Linksradikale Gesundheitspolitik weist über den Kapitalismus hinaus

Krankenhaus und Emanzipation

Mit Blick auf den Krankenhaussektor lässt sich diskutieren, wie eine linksradikale Gesundheitspolitik aussehen könnte.

Linke Politik, die eine demokratische, über den Kapitalismus hinausweisende Perspektive beansprucht, kann sich nicht mit dem Ziel zufriedengeben, den unter kapitalistischen Bedingungen erwirtschafteten gesellschaftlichen Reichtum bloß anders zu verteilen. Sie muss mindestens anstreben, die Arbeit aus der Form der Lohnarbeit und damit von ihrem Zwangscharakter zu befreien, die Eigentumsfrage als eine des Kapitalverhältnisses zu stellen und die gewaltsame Dynamik des kapitalistischen Akkumulationszwangs zu beenden. Denn die Ungleichheit, die kapitalistische Klassengesellschaften notwendig kennzeichnet, steht in prinzipiellem Widerspruch zu einer Vorstellung von Demokratie als der Form einer Gesellschaft von Gleichen und Freien, in der die Produktion selbstbestimmt, herrschaftsfrei und damit eben demokratisch organisiert sein muss.

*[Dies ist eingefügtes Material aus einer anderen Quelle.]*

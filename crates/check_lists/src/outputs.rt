// The outputs that are held.
ghost use Rattle.std.specs.Prelude.{◌≡◌, ◌<◌, length};
ghost use Rattle.rules.specs.Table.{get, all};
ghost use Rattle.rules.specs.Plan.{node_of, root_of};
ghost use Rattle.rules.specs.Check.{output_ok};
ghost use Rattle.tables.specs.Outputs.{no_output};
ghost use Rattle.tables.specs.View.{view};

use tables::StateBytes;

// The root's number of columns.
fn root_width(s: &StateBytes) -> usize
    ensures { result ≡ (node_of (view s.now).job (root_of (view s.now).job)).width }
{
    usize::from(table_job::nodes::load_node(s, reach::leaves::root(s)).width)
}

// An output is of a split of the job, and its batch fits the root.
fn output_ok(s: &StateBytes, k: usize) -> bool
    requires k_in_bounds { k < length (view s.now).outputs }
    ensures { result ≡ output_ok (view s.now) (get no_output (view s.now).outputs k) }
{
    let x = table_queues::outputs::output_at(s, k);
    usize::from(x.split) < table_job::counts::split_count(s)
        && check_ports::held::batch_ok(s, root_width(s), x.batch)
}

// Every output.
pub(crate) fn outputs_ok(s: &StateBytes) -> bool
    ensures { result ≡ all (output_ok (view s.now)) (view s.now).outputs }
{
    for k in 0..table_queues::outputs::output_len(s) {
        if !output_ok(s, k) {
            return false;
        }
    }
    true
}
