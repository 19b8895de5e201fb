// The first leaf of a segment.
ghost use Rattle.std.specs.Prelude.{◌≡◌, true};
ghost use Rattle.rules.specs.Plan.{is_leaf};
ghost use Rattle.rules.specs.Check.{is_first};
ghost use Rattle.tables.specs.View.{view};
ghost use Rattle.check_job.specs.Seen.{Distinct};

use tables::StateBytes;

// Whether no leaf before leaf g names its segment.
fn none_before(s: &StateBytes, g: usize) -> bool
    requires g_value { is_leaf (view s.now).job g ≡ true }
    ensures { result ≡ is_first (view s.now) g }
{
    let segment = table_job::node_fields::node_segment(s, g);
    for l in 0..g {
        if reach::leaves::names(s, l, segment) {
            return false;
        }
    }
    true
}

// Whether a node is the first leaf of its segment. Where the leaves are distinct, each is.
pub(crate) fn is_first(s: &StateBytes, g: usize, distinct: bool) -> bool
    requires distinct { distinct ≡ true → Distinct (view s.now).job.nodes }
    ensures { result ≡ is_first (view s.now) g }
{
    table_job::node_fields::is_leaf(s, g) && (distinct || none_before(s, g))
}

Am Beispiel des Gesundheitswesens lernt man schnell, sich von einfachen Vorstellungen von Emanzipation zu verabschieden.

So abstrakt ist das schnell formuliert. Was aber heißt das für das Gesundheitswesen? Das kann man am Beispiel des Krankenhaussektors diskutieren. Die Krankenhäuser waren in der Bundesrepublik bis Mitte der achtziger Jahre durch ein gesetzliches Gewinnverbot und die Art ihrer Finanzierung nicht gänzlich kapitalistisch organisiert. Das hat sich seither gründlich geändert. Spätestens seit die rot-grüne Bundesregierung 2004 das System der Fallpauschalen eingeführt und Marktmechanismen ausgeweitet hat, wurden die Krankenhäuser vollends dem kapitalistischen Betrieb unterworfen. Das gilt für die privatisierten Häuser wie für diejenigen, die sich weiterhin in öffentlicher oder freigemeinnütziger Hand befinden, also zum Beispiel von kirchlichen Trägern betrieben werden. Wie dysfunktional eine solche Organisation des Krankenhaussektors ist, zeigt sich nicht völlig bornierten Zeit­genossen augenfällig in der Covid-19-­Pandemie.

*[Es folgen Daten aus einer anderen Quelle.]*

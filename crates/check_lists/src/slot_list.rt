// The slots, and the shared sources that are still to be made.
ghost use Rattle.std.specs.Prelude.{◌≡◌, true, false, ◌&&◌, ◌||◌, not, ◌<◌, ltb};
ghost use Rattle.rules.specs.Table.{get, all, up_from};
ghost use Rattle.rules.specs.Plan.{root_of};
ghost use Rattle.rules.specs.Machine.{place, port_at};
ghost use Rattle.rules.specs.Check.{split_ok, slot_ok, is_first};
ghost use Rattle.numbers.specs.Opt.{option_of};
ghost use Rattle.tables.specs.View.{view};
ghost use Rattle.check_job.specs.Seen.{Distinct};

use crate::first;
use tables::{NodeIndex, SlotIndex, StateBytes};

// A slot's split is one of the job's.
fn split_ok(s: &StateBytes, x: Option<u8>) -> bool
    ensures { result ≡ split_ok (view s.now) (option_of x) }
{
    match x {
        None => true,
        Some(i) => usize::from(i) < table_job::counts::split_count(s),
    }
}

// A slot is one of the job's, and the root's port in it is in use.
fn port_ok(s: &StateBytes, k: SlotIndex) -> bool
    ensures { result ≡ (ltb k.at (view s.now).job.slots
        && (port_at (view s.now) (place k.at (root_of (view s.now).job))).there) }
{
    k.at < usize::from(table_job::counts::slots(s))
        && check_parts::entries::port_of(s, 24 * k.at + reach::leaves::root(s)).there
}

// A slot that is active is one of the job's, with a split of the job and the root's port.
fn slot_ok(s: &StateBytes, k: SlotIndex) -> bool
    ensures { result ≡ slot_ok (view s.now) k.at }
{
    split_ok(s, table_lists::active::load_active(s, k))
        && (!table_lists::active::is_active(s, k.at) || port_ok(s, k))
}

// Every slot.
pub(crate) fn slots_ok(s: &StateBytes) -> bool
    ensures { result ≡ all (slot_ok (view s.now)) (up_from 0 3) }
{
    for k in 0..3 {
        if !slot_ok(s, SlotIndex { at: k }) {
            return false;
        }
    }
    true
}

// A source that is still to be made is named by the first leaf of its segment.
fn unbuilt_at_ok(s: &StateBytes, g: NodeIndex, distinct: bool) -> bool
    requires distinct { distinct ≡ true → Distinct (view s.now).job.nodes }
    ensures { result ≡ (not (get false (view s.now).unbuilt g.at) || is_first (view s.now) g.at) }
{
    !table_lists::flags::unbuilt(s, g) || first::is_first(s, g.at, distinct)
}

// Every source that is still to be made.
pub(crate) fn unbuilt_ok(s: &StateBytes, distinct: bool) -> bool
    requires distinct { distinct ≡ true → Distinct (view s.now).job.nodes }
    ensures { result ≡ all (λ g. not (get false (view s.now).unbuilt g) || is_first (view s.now) g) (up_from 0 24) }
{
    if table_lists::flags::all_built(s) {
        return true;
    }
    for g in 0..24 {
        if !unbuilt_at_ok(s, NodeIndex { at: g }, distinct) {
            return false;
        }
    }
    true
}
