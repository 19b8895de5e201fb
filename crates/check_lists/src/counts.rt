// How many of everything there may be.
ghost use Rattle.std.specs.Prelude.{◌≡◌};
ghost use Rattle.rules.specs.Check.{counts_ok};
ghost use Rattle.tables.specs.View.{view};
ghost use Rattle.check_lists.specs.Counts.{number_counts, read_counts};

use queue::Queue;
use tables::StateBytes;

// The next split, the pipeline numbers, the freed ones and the pipelines to run.
fn numbers_ok(s: &StateBytes) -> bool
    ensures { result ≡ number_counts (view s.now) }
{
    usize::from(table_lists::counters::next(s)) <= table_job::counts::split_count(s)
        && table_lists::counters::made(s) <= 96
        && table_lists::stacks::len::<table_lists::stacks::Freed>(s) <= 96
        && table_lists::stacks::len::<table_lists::stacks::Ready>(s) <= 96
}

// Those, the reads, and the reads that are not told yet.
fn reads_short(s: &StateBytes) -> bool
    ensures { result ≡ read_counts (view s.now) }
{
    numbers_ok(s)
        && table_queues::reads::read_count(s) <= 24
        && table_queues::news::new_len(s) <= 24
}

// Every count is in its range, and no cause of 14 came up.
#[tactic(auto, unfolding(rules::specs::Check::counts_ok))]
pub fn counts_ok(s: &StateBytes) -> bool
    ensures { result ≡ counts_ok (view s.now) }
{
    reads_short(s)
        && table_lists::stacks::len::<table_lists::stacks::Dirty>(s)
            <= usize::from(table_job::counts::slots(s))
        && table_queues::outputs::output_len(s) <= Queue::DEFAULT_CAPACITY
        && !table_lists::counters::fault(s)
}
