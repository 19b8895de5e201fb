// The stacks: freed pipeline numbers, pipelines to run, slots to look at.
ghost use Rattle.std.specs.Prelude.{◌≡◌, ◌&&◌, ltb};
ghost use Rattle.rules.specs.Table.{all};
ghost use Rattle.rules.specs.Machine.{live};
ghost use Rattle.rules.specs.Check.{is_active};
ghost use Rattle.tables.specs.View.{view};

use tables::StateBytes;

// Every freed number was made.
pub(crate) fn freed_ok(s: &StateBytes) -> bool
    ensures { result ≡ all (λ n. ltb n (view s.now).made) (view s.now).freed }
{
    let made = usize::from(table_lists::counters::made(s));
    for k in 0..table_lists::stacks::len::<table_lists::stacks::Freed>(s) {
        if made <= table_lists::stacks::at::<table_lists::stacks::Freed>(s, k) {
            return false;
        }
    }
    true
}

// Whether a pipeline lives at a place of the table.
fn lives(s: &StateBytes, p: usize) -> bool
    ensures { result ≡ (ltb p 96 && live (view s.now) p) }
{
    p < 96 && check_parts::entries::is_live(s, p)
}

// Every pipeline to run is live.
pub(crate) fn ready_ok(s: &StateBytes) -> bool
    ensures { result ≡ all (λ p. ltb p 96 && live (view s.now) p) (view s.now).ready }
{
    for k in 0..table_lists::stacks::len::<table_lists::stacks::Ready>(s) {
        if !lives(
            s,
            table_lists::stacks::at::<table_lists::stacks::Ready>(s, k),
        ) {
            return false;
        }
    }
    true
}

// Every slot to look at is active.
pub(crate) fn dirty_ok(s: &StateBytes) -> bool
    ensures { result ≡ all (is_active (view s.now)) (view s.now).dirty }
{
    for k in 0..table_lists::stacks::len::<table_lists::stacks::Dirty>(s) {
        if !table_lists::active::is_active(
            s,
            table_lists::stacks::at::<table_lists::stacks::Dirty>(s, k),
        ) {
            return false;
        }
    }
    true
}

An den Reformvorschlägen für diesen Sektor lässt sich darlegen, worin der Unterschied zwischen einer sozialdemokratischen und einer linken, aber innerkapitalistischen Politik besteht, und man kann skizzieren, wie eine linke Politik aussehen könnte, die über den Kapitalismus hinausweist und auf eine Selbstorganisation der Gesellschaft zielt.

Außer der Linkspartei vertreten mit Blick auf den Krankenhaussektor fast alle Parteien im Wesentlichen wirtschaftsliberale Positionen. Sie wollen zwar inzwischen die Vorhaltekosten der Krankenhäuser besser finanzieren, ansonsten wollen sie den Sektor zen­tralisieren und weiter privatisieren. Zweifel an Marktmechanismen äußern sie kaum.

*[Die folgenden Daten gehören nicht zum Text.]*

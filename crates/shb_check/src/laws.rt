//! The laws of traces and of verdicts on texts, over the definitions alone. Each function does nothing:
//! its contract is the law.
ghost use Rattle.std.specs.Prelude.{◌≡◌, ◌↔◌, ℕ, List};
ghost use Rattle.shb_lines.specs.text.TraceData.{IsTraceOf, TraceData};
ghost use Rattle.shb_judging.specs.declared.verdict.Verdict.{Verdict};
ghost use Rattle.shb_judging.specs.declared.verdict.Verdict.TheVariants.{Good};
ghost use Rattle.shb_check.specs.Checks.{IsGoodFor, IsVerdictOf};

/// Some lines have at most one trace, with its names, their numbers and its lines.
pub fn trace_of_lines_is_unique()
    ensures { (lines : List (List ℕ)) (trace other : TraceData) → IsTraceOf lines trace → IsTraceOf lines other → trace ≡ other }
{}

/// The texts of a trace and of a report have at most one verdict.
pub fn verdict_of_texts_is_one()
    ensures { (text report : List ℕ) (verdict other : Verdict) → IsVerdictOf text report verdict
        → IsVerdictOf text report other → verdict ≡ other }
{}

/// The verdict of two texts is `Good`, with so many races, exactly where the second is a report that is
/// good for the trace of the first and has so many races.
pub fn good_texts_are_called_good()
    ensures { (text report : List ℕ) (verdict : Verdict) (races : ℕ) → IsVerdictOf text report verdict
        → (verdict ≡ Good races) ↔ IsGoodFor text report races }
{}
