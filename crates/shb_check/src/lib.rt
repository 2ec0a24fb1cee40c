//! From the texts of a trace and of a report to the verdict, and what a run and a check have in common.
//!
//! [`read_trace`] reads a text, and [`judge`] says of it what it is: a disciplined trace, or refused for its first
//! fault. [`check`] reads and judges the trace, then the report, and writes one line. [`RunError`] is
//! why there is no answer, for a run too; [`exit_status`] and [`fault_line`] word it.
#![tactic(auto)]

mod errors;
pub mod laws;
mod verdicts;

pub use errors::{RunError, exit_status, fault_line, status_of_check};
pub use shb_judging::{RaceFault, Verdict};
pub use verdicts::{check, judge, read_trace};
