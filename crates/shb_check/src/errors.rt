//! Why a run gives no report, and a check no verdict; what a program says of it, and the status that it ends with.
ghost use Rattle.std.specs.Prelude.{◌≡◌, IfOk, string_bytes};
ghost use Rattle.shb_check.specs.Errors.{check_status_of, exit_status_of, fault_line_of};

use shb_discipline::CheckError;
use shb_io::NoMemory;
use shb_judging::Verdict;
use shb_lines::{Fault, ReadError};
use std::alloc::Global;
use thiserror::Error;

/// Why a run gave no report. It shows itself as `fault_line` words it.
#[derive(Debug, Drop, Error)]
pub enum RunError {
    /// The trace is refused: this is its first fault, and its line, from 1. Nothing was written.
    #[error("line {line}: {}", .fault.message())]
    Trace { line: u32, fault: Fault },
    /// The source failed. Nothing was written.
    #[error("cannot read")]
    Source,
    /// The sink failed. What was written is less than the report, the front of it.
    #[error("cannot write")]
    Sink,
    /// Memory was refused. What was written is less than the report, the front of it, perhaps nothing.
    #[error("out of memory")]
    Memory(NoMemory),
}

impl From<ReadError> for RunError {
    ghost use Rattle.std.specs.Prelude.{◌≡◌};
    ghost use Rattle.shb_check.specs.Errors.{error_of_reading};

    ghost from_gives = { λ error e. e ≡ error_of_reading error };

    fn from(error: ReadError) -> RunError {
        match error {
            ReadError::Source => RunError::Source,
            ReadError::Memory(refused) => RunError::Memory(refused),
        }
    }
}

impl From<CheckError> for RunError {
    ghost use Rattle.std.specs.Prelude.{◌≡◌};
    ghost use Rattle.shb_check.specs.Errors.{error_of_checking};

    ghost from_gives = { λ error e. e ≡ error_of_checking error };

    fn from(error: CheckError) -> RunError {
        match error {
            CheckError::Undisciplined { line, fault } => RunError::Trace { line, fault },
            CheckError::Memory(refused) => RunError::Memory(refused),
        }
    }
}

/// The status with which a program ends: 2 for a refused trace, 4 for a device or the memory.
pub fn exit_status(error: &RunError) -> u8
    ensures { result ≡ exit_status_of error.now }
{
    match error {
        RunError::Trace { .. } => 2,
        RunError::Source | RunError::Sink | RunError::Memory(_) => 4,
    }
}

/// The status with which a program ends that checked a report: 0 for a good one, 5 for a rejected
/// one, and else that of the error.
pub fn status_of_check(answer: &Result<Verdict, RunError>) -> u8
    ensures { result ≡ check_status_of answer.now }
{
    match answer {
        Ok(Verdict::Good { .. }) => 0,
        Ok(_) => 5,
        Err(error) => exit_status(error),
    }
}

/// The line that a program prints for an error, without its end: `line N: MESSAGE` for a refused
/// trace.
pub fn fault_line(alloc: Global, error: &RunError) -> Result<String, NoMemory>
    ensures { IfOk result (λ line. string_bytes line ≡ fault_line_of error.now) }
{
    let line = match error {
        RunError::Trace { line, fault } => {
            let message = fault.message();
            format!(in alloc; "line {line}: {message}")?
        }
        RunError::Source => String::from_str(alloc, "cannot read")?,
        RunError::Sink => String::from_str(alloc, "cannot write")?,
        RunError::Memory(_) => String::from_str(alloc, "out of memory")?,
    };
    Ok(line)
}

Die SPD behauptet immerhin, erkannt zu haben, dass die sogenannte Ökonomisierung des Krankenhaussektors ein Problem darstelle. Dass sie selbst am profitorientierten Umbau dieses Sektors beteiligt war, erwähnt sie freilich nicht. Ihre konkreten Vorschläge bestehen dar­in, kleine Korrekturen vorzunehmen, an den grundsätzlichen Mechanismen aber nichts zu ändern.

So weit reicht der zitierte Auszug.